Each entry below must appear in the answer exactly as written.

# # # # #

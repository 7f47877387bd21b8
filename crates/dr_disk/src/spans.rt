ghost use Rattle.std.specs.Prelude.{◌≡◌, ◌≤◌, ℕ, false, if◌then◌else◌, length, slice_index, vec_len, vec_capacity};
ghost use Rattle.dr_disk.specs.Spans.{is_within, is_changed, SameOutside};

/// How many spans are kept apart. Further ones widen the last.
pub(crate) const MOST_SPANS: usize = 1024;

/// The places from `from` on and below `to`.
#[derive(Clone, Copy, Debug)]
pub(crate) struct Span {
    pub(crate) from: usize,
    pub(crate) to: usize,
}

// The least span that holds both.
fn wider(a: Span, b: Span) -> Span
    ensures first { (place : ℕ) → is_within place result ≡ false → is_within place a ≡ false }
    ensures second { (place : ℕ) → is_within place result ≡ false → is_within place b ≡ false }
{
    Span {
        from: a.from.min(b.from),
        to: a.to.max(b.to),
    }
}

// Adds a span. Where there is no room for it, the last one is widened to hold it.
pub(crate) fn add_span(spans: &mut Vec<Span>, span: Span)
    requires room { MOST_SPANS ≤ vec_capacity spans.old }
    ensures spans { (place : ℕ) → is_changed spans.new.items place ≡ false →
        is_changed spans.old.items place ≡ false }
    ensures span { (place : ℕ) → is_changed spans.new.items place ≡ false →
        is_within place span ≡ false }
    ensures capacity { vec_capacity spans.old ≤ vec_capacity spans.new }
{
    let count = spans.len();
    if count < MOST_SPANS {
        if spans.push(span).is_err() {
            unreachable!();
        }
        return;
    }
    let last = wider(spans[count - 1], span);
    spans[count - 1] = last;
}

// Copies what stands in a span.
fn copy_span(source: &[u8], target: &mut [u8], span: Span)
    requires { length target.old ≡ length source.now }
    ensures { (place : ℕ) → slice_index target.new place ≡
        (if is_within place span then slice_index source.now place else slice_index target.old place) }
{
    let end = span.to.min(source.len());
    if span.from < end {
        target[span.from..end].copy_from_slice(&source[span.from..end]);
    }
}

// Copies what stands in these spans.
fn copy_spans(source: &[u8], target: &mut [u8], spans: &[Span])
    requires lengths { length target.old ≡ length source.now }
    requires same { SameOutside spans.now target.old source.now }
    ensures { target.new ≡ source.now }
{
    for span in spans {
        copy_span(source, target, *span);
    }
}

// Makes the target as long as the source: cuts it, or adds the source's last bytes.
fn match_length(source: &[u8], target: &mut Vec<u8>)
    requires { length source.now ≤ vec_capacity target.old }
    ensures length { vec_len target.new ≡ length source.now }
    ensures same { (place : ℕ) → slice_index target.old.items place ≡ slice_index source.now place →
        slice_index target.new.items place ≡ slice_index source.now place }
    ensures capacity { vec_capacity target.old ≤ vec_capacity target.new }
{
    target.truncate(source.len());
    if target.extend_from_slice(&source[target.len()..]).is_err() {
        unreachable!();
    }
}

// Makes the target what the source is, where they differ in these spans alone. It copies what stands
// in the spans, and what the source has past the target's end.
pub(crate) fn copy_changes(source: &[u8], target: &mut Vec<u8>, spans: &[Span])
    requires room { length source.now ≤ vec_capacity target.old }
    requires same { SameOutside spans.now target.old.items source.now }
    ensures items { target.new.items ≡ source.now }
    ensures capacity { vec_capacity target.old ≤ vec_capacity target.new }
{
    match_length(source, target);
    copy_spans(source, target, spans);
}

# # # # #

§ **ANSWER SECTION**
repository 7f47877387bd21b8
filename crates/dr_disk/src/spans.rt
ghost use Rattle.std.specs.Prelude.{◌≡◌, ◌≤◌, ℕ, false, if◌then◌else◌, length, slice_index, vec_len, vec_capacity};
ghost use Rattle.dr_disk.specs.Spans.{is_within, is_changed, SameOutside};

/// How many spans are kept apart. Further ones widen the last.
pub(crate) const MOST_SPANS: usize = 1024;

/// The places from `from` on and below `to`.
#[derive(Clone, Copy, Debug)]
pub(crate) struct Span {
    pub(crate) from: usize,
    pub(crate) to: usize,
}

// The least span that holds both.
fn wider(a: Span, b: Span) -> Span
    ensures first { (place : ℕ) → is_within place result ≡ false → is_within place a ≡ false }
    ensures second { (place : ℕ) → is_within place result ≡ false → is_within place b ≡ false }
{
    Span {
        from: a.from.min(b.from),
        to: a.to.max(b.to),
    }
}

// Adds a span. Where there is no room for it, the last one is widened to hold it.
pub(crate) fn add_span(spans: &mut Vec<Span>, span: Span)
    requires room { MOST_SPANS ≤ vec_capacity spans.old }
    ensures spans { (place : ℕ) → is_changed spans.new.items place ≡ false →
        is_changed spans.old.items place ≡ false }
    ensures span { (place : ℕ) → is_changed spans.new.items place ≡ false →
        is_within place span ≡ false }
    ensures capacity { vec_capacity spans.old ≤ vec_capacity spans.new }
{
    let count = spans.len();
    if count < MOST_SPANS {
        if spans.push(span).is_err() {
            unreachable!();
        }
        return;
    }
    let last = wider(spans[count - 1], span);
    spans[count - 1] = last;
}

// Copies what stands in a span.
fn copy_span(source: &[u8], target: &mut [u8], span: Span)
    requires { length target.old ≡ length source.now }
    ensures { (place : ℕ) → slice_index target.new place ≡
        (if is_within place span then slice_index source.now place else slice_index target.old place) }
{
    let end = span.to.min(source.len());
    if span.from < end {
        target[span.from..end].copy_from_slice(&source[span.from..end]);
    }
}

// Copies what stands in these spans.
fn copy_spans(source: &[u8], target: &mut [u8], spans: &[Span])
    requires lengths { length target.old ≡ length source.now }
    requires same { SameOutside spans.now target.old source.now }
    ensures { target.new ≡ source.now }
{
    for span in spans {
        copy_span(source, target, *span);
    }
}

// Makes the target as long as the source: cuts it, or adds the source's last bytes.
fn match_length(source: &[u8], target: &mut Vec<u8>)
    requires { length source.now ≤ vec_capacity target.old }
    ensures length { vec_len target.new ≡ length source.now }
    ensures same { (place : ℕ) → slice_index target.old.items place ≡ slice_index source.now place →
        slice_index target.new.items place ≡ slice_index source.now place }
    ensures capacity { vec_capacity target.old ≤ vec_capacity target.new }
{
    target.truncate(source.len());
    if target.extend_from_slice(&source[target.len()..]).is_err() {
        unreachable!();
    }
}

// Makes the target what the source is, where they differ in these spans alone. It copies what stands
// in the spans, and what the source has past the target's end.
pub(crate) fn copy_changes(source: &[u8], target: &mut Vec<u8>, spans: &[Span])
    requires room { length source.now ≤ vec_capacity target.old }
    requires same { SameOutside spans.now target.old.items source.now }
    ensures items { target.new.items ≡ source.now }
    ensures capacity { vec_capacity target.old ≤ vec_capacity target.new }
{
    match_length(source, target);
    copy_spans(source, target, spans);
}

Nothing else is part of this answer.